Aim of the task: Take the entries that follow and write each one out exactly.

[[ Supplied records open ]]

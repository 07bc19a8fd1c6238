// Throws, and the search for a clause from the throwing frame outwards. After ECMA-335, Partition I.
ghost use Rattle.std.specs.Prelude.{◌≡◌, ◌∷◌, List};
ghost use Rattle.type_tree.specs.declared.tree.TExpr.{TExpr as TheType};
ghost use Rattle.il_model.specs.ClassRules.{HasTypes};
ghost use Rattle.cil_meaning.specs.Search.{covers, clauses_of};
ghost use Rattle.type_inst.specs.Opening.{Extends};
ghost use Rattle.unshared.specs.Faults.{the_fault};
ghost use Rattle.unshared.specs.Going.{the_thrown};
ghost use Rattle.unshared.specs.Growing.{Grows};
ghost use Rattle.unshared.specs.Held.{the_frames};
ghost use Rattle.unshared.specs.Listed.{IsOnce};
ghost use Rattle.unshared.specs.Moved.{Halted};
ghost use Rattle.unshared.specs.Searched.{Tells, takes, finds, searched, raised};

use crate::fault::{Fault, class_of_fault};
use crate::found::method_at;
use crate::frames::{Frame, Frames, Thrown};
use crate::mentions::settle;
use crate::pause::{Halt, Pause, Replies};
use crate::trees::Trees;
use crate::types::{copied, passes_as, put_type};
use il_model::{Clause, Entry, MethodTree, Program, Sort};
use std::alloc::Global;
use store_object::Request;
use type_tree::{Head, TExpr};

// Whether an instruction stands in a clause's try.
fn covers(clause: &Clause, at: u32) -> bool
    ensures { result ≡ covers clause.now at }
{
    if clause.from <= at {
        at < clause.to
    } else {
        false
    }
}

// Whether a clause takes the exception, which an instruction threw, or a call there.
#[tactic(auto, using(crate::proofs::NumberLemmas::grown_same))]
fn takes(
    alloc: Global,
    program: &Program,
    trees: &mut Trees,
    replies: &mut Replies<'_>,
    method: &MethodTree,
    clause: &Clause,
    at: u32,
    thrown: Thrown,
) -> Result<bool, Pause>
    requires types { HasTypes program.now }
    requires once { IsOnce trees.old.kinds }
    ensures grows { Grows trees.old.kinds trees.new.kinds result }
    ensures tells { (later : List TheType) → Extends trees.new.kinds later →
        Tells (λ b. b) (takes program.now later method.now thrown.kind at clause.now replies.old) result replies.new }
{
    if !covers(clause, at) {
        return Ok(false);
    }
    let Sort::Catch(kind) = &clause.sort else {
        return Err(Pause::Halts(Halt::Stuck));
    };
    let entry = Entry::Kind(copied(alloc, kind)?);
    settle(alloc, program, trees, replies, method, &entry)?;
    let asked = put_type(alloc, method, kind)?;
    let Some(exact) = trees.get(u64::from(thrown.kind)) else {
        return Err(Pause::Halts(Halt::Unnamed));
    };
    Ok(passes_as(alloc, program, exact, &asked)?)
}

// The handler of the first of these clauses that takes the exception.
#[tactic(auto, using(crate::proofs::NumberLemmas::grown_same, crate::proofs::NumberLemmas::grown_both))]
fn handler_among(
    alloc: Global,
    program: &Program,
    trees: &mut Trees,
    replies: &mut Replies<'_>,
    frame: &Frame,
    clauses: &[Clause],
    thrown: Thrown,
) -> Result<Option<u32>, Pause>
    requires types { HasTypes program.now }
    requires once { IsOnce trees.old.kinds }
    ensures grows { Grows trees.old.kinds trees.new.kinds result }
    ensures tells { (later : List TheType) → Extends trees.new.kinds later →
        Tells (λ handler. handler) (finds program.now later frame.now.method thrown.kind frame.now.at clauses.now replies.old) result replies.new }
{
    for clause in clauses {
        let method = &frame.method;
        if takes(
            alloc, program, trees, replies, method, clause, frame.at, thrown,
        )? {
            return Ok(Some(clause.handler));
        }
    }
    Ok(None)
}

// The handler of a frame that takes the exception.
#[tactic(auto, using(crate::proofs::NumberLemmas::grown_same), unfolding(crate::specs::Searched::finds))]
fn handler_in(
    alloc: Global,
    program: &Program,
    trees: &mut Trees,
    replies: &mut Replies<'_>,
    frame: &Frame,
    thrown: Thrown,
) -> Result<Option<u32>, Pause>
    requires types { HasTypes program.now }
    requires once { IsOnce trees.old.kinds }
    ensures grows { Grows trees.old.kinds trees.new.kinds result }
    ensures tells { (later : List TheType) → Extends trees.new.kinds later →
        Tells (λ handler. handler) (finds program.now later frame.now.method thrown.kind frame.now.at (clauses_of program.now frame.now.method) replies.old) result replies.new }
{
    let Some(definition) = method_at(program, frame.method.method) else {
        return Ok(None);
    };
    let Some(body) = &definition.body else {
        return Ok(None);
    };
    handler_among(
        alloc,
        program,
        trees,
        replies,
        frame,
        body.clauses.as_slice(),
        thrown,
    )
}

/// The search, from the innermost frame outwards. Where no clause matches, the run ends with the exact type.
#[tactic(auto, using(crate::proofs::NumberLemmas::grown_same, crate::proofs::NumberLemmas::grown_both))]
pub(crate) fn searches(
    alloc: Global,
    program: &Program,
    trees: &mut Trees,
    replies: &mut Replies<'_>,
    frames: &mut Frames,
    thrown: Thrown,
) -> Result<(), Pause>
    requires types { HasTypes program.now }
    requires once { IsOnce trees.old.kinds }
    ensures grows { Grows trees.old.kinds trees.new.kinds result }
    ensures tells { (later : List TheType) → Extends trees.new.kinds later →
        Tells (λ nothing. the_frames frames.new) (searched program.now later (the_thrown thrown) (the_frames frames.old).frames (the_frames frames.old).places replies.old) result replies.new }
    ensures kept { Halted result frames.old frames.new }
{
    let innermost = frames.around.len();
    for passed in 0..innermost + 1 {
        let Some(frame) = frames.frame_past(passed) else {
            unreachable!();
        };
        let found = handler_in(alloc, program, trees, replies, frame, thrown)?;
        if let Some(handler) = found {
            frames.handles(passed, handler, thrown)?;
            return Ok(());
        }
    }
    replies.done(Request::Fall { kind: thrown.kind })?;
    Err(Pause::Halts(replies.over()))
}

/// An instruction throws a new exception.
#[tactic(auto, using(crate::proofs::NumberLemmas::grown_same, crate::proofs::NumberLemmas::grown_both))]
pub(crate) fn throws(
    alloc: Global,
    program: &Program,
    trees: &mut Trees,
    replies: &mut Replies<'_>,
    frames: &mut Frames,
    fault: Fault,
) -> Result<(), Pause>
    requires types { HasTypes program.now }
    requires once { IsOnce trees.old.kinds }
    ensures grows { Grows trees.old.kinds trees.new.kinds result }
    ensures tells { (later : List TheType) → Extends trees.new.kinds later →
        Tells (λ nothing. the_frames frames.new) (raised program.now later (the_fault fault) (the_frames frames.old) replies.old) result replies.new }
    ensures kept { Halted result frames.old frames.new }
{
    let class = TExpr::plain(alloc, Head::Class(class_of_fault(fault)));
    let kind = trees.number_of(alloc, &class)?;
    let object = replies.object(Request::Alloc {
        kind,
        length: 0,
        words: 0,
    })?;
    let thrown = Thrown { object, kind };
    searches(alloc, program, trees, replies, frames, thrown)
}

[[ Supplied records closed ]]

Output for this exercise:
repository 07bc19a8fd1c6238
// Throws, and the search for a clause from the throwing frame outwards. After ECMA-335, Partition I.
ghost use Rattle.std.specs.Prelude.{◌≡◌, ◌∷◌, List};
ghost use Rattle.type_tree.specs.declared.tree.TExpr.{TExpr as TheType};
ghost use Rattle.il_model.specs.ClassRules.{HasTypes};
ghost use Rattle.cil_meaning.specs.Search.{covers, clauses_of};
ghost use Rattle.type_inst.specs.Opening.{Extends};
ghost use Rattle.unshared.specs.Faults.{the_fault};
ghost use Rattle.unshared.specs.Going.{the_thrown};
ghost use Rattle.unshared.specs.Growing.{Grows};
ghost use Rattle.unshared.specs.Held.{the_frames};
ghost use Rattle.unshared.specs.Listed.{IsOnce};
ghost use Rattle.unshared.specs.Moved.{Halted};
ghost use Rattle.unshared.specs.Searched.{Tells, takes, finds, searched, raised};

use crate::fault::{Fault, class_of_fault};
use crate::found::method_at;
use crate::frames::{Frame, Frames, Thrown};
use crate::mentions::settle;
use crate::pause::{Halt, Pause, Replies};
use crate::trees::Trees;
use crate::types::{copied, passes_as, put_type};
use il_model::{Clause, Entry, MethodTree, Program, Sort};
use std::alloc::Global;
use store_object::Request;
use type_tree::{Head, TExpr};

// Whether an instruction stands in a clause's try.
fn covers(clause: &Clause, at: u32) -> bool
    ensures { result ≡ covers clause.now at }
{
    if clause.from <= at {
        at < clause.to
    } else {
        false
    }
}

// Whether a clause takes the exception, which an instruction threw, or a call there.
#[tactic(auto, using(crate::proofs::NumberLemmas::grown_same))]
fn takes(
    alloc: Global,
    program: &Program,
    trees: &mut Trees,
    replies: &mut Replies<'_>,
    method: &MethodTree,
    clause: &Clause,
    at: u32,
    thrown: Thrown,
) -> Result<bool, Pause>
    requires types { HasTypes program.now }
    requires once { IsOnce trees.old.kinds }
    ensures grows { Grows trees.old.kinds trees.new.kinds result }
    ensures tells { (later : List TheType) → Extends trees.new.kinds later →
        Tells (λ b. b) (takes program.now later method.now thrown.kind at clause.now replies.old) result replies.new }
{
    if !covers(clause, at) {
        return Ok(false);
    }
    let Sort::Catch(kind) = &clause.sort else {
        return Err(Pause::Halts(Halt::Stuck));
    };
    let entry = Entry::Kind(copied(alloc, kind)?);
    settle(alloc, program, trees, replies, method, &entry)?;
    let asked = put_type(alloc, method, kind)?;
    let Some(exact) = trees.get(u64::from(thrown.kind)) else {
        return Err(Pause::Halts(Halt::Unnamed));
    };
    Ok(passes_as(alloc, program, exact, &asked)?)
}

// The handler of the first of these clauses that takes the exception.
#[tactic(auto, using(crate::proofs::NumberLemmas::grown_same, crate::proofs::NumberLemmas::grown_both))]
fn handler_among(
    alloc: Global,
    program: &Program,
    trees: &mut Trees,
    replies: &mut Replies<'_>,
    frame: &Frame,
    clauses: &[Clause],
    thrown: Thrown,
) -> Result<Option<u32>, Pause>
    requires types { HasTypes program.now }
    requires once { IsOnce trees.old.kinds }
    ensures grows { Grows trees.old.kinds trees.new.kinds result }
    ensures tells { (later : List TheType) → Extends trees.new.kinds later →
        Tells (λ handler. handler) (finds program.now later frame.now.method thrown.kind frame.now.at clauses.now replies.old) result replies.new }
{
    for clause in clauses {
        let method = &frame.method;
        if takes(
            alloc, program, trees, replies, method, clause, frame.at, thrown,
        )? {
            return Ok(Some(clause.handler));
        }
    }
    Ok(None)
}

// The handler of a frame that takes the exception.
#[tactic(auto, using(crate::proofs::NumberLemmas::grown_same), unfolding(crate::specs::Searched::finds))]
fn handler_in(
    alloc: Global,
    program: &Program,
    trees: &mut Trees,
    replies: &mut Replies<'_>,
    frame: &Frame,
    thrown: Thrown,
) -> Result<Option<u32>, Pause>
    requires types { HasTypes program.now }
    requires once { IsOnce trees.old.kinds }
    ensures grows { Grows trees.old.kinds trees.new.kinds result }
    ensures tells { (later : List TheType) → Extends trees.new.kinds later →
        Tells (λ handler. handler) (finds program.now later frame.now.method thrown.kind frame.now.at (clauses_of program.now frame.now.method) replies.old) result replies.new }
{
    let Some(definition) = method_at(program, frame.method.method) else {
        return Ok(None);
    };
    let Some(body) = &definition.body else {
        return Ok(None);
    };
    handler_among(
        alloc,
        program,
        trees,
        replies,
        frame,
        body.clauses.as_slice(),
        thrown,
    )
}

/// The search, from the innermost frame outwards. Where no clause matches, the run ends with the exact type.
#[tactic(auto, using(crate::proofs::NumberLemmas::grown_same, crate::proofs::NumberLemmas::grown_both))]
pub(crate) fn searches(
    alloc: Global,
    program: &Program,
    trees: &mut Trees,
    replies: &mut Replies<'_>,
    frames: &mut Frames,
    thrown: Thrown,
) -> Result<(), Pause>
    requires types { HasTypes program.now }
    requires once { IsOnce trees.old.kinds }
    ensures grows { Grows trees.old.kinds trees.new.kinds result }
    ensures tells { (later : List TheType) → Extends trees.new.kinds later →
        Tells (λ nothing. the_frames frames.new) (searched program.now later (the_thrown thrown) (the_frames frames.old).frames (the_frames frames.old).places replies.old) result replies.new }
    ensures kept { Halted result frames.old frames.new }
{
    let innermost = frames.around.len();
    for passed in 0..innermost + 1 {
        let Some(frame) = frames.frame_past(passed) else {
            unreachable!();
        };
        let found = handler_in(alloc, program, trees, replies, frame, thrown)?;
        if let Some(handler) = found {
            frames.handles(passed, handler, thrown)?;
            return Ok(());
        }
    }
    replies.done(Request::Fall { kind: thrown.kind })?;
    Err(Pause::Halts(replies.over()))
}

/// An instruction throws a new exception.
#[tactic(auto, using(crate::proofs::NumberLemmas::grown_same, crate::proofs::NumberLemmas::grown_both))]
pub(crate) fn throws(
    alloc: Global,
    program: &Program,
    trees: &mut Trees,
    replies: &mut Replies<'_>,
    frames: &mut Frames,
    fault: Fault,
) -> Result<(), Pause>
    requires types { HasTypes program.now }
    requires once { IsOnce trees.old.kinds }
    ensures grows { Grows trees.old.kinds trees.new.kinds result }
    ensures tells { (later : List TheType) → Extends trees.new.kinds later →
        Tells (λ nothing. the_frames frames.new) (raised program.now later (the_fault fault) (the_frames frames.old) replies.old) result replies.new }
    ensures kept { Halted result frames.old frames.new }
{
    let class = TExpr::plain(alloc, Head::Class(class_of_fault(fault)));
    let kind = trees.number_of(alloc, &class)?;
    let object = replies.object(Request::Alloc {
        kind,
        length: 0,
        words: 0,
    })?;
    let thrown = Thrown { object, kind };
    searches(alloc, program, trees, replies, frames, thrown)
}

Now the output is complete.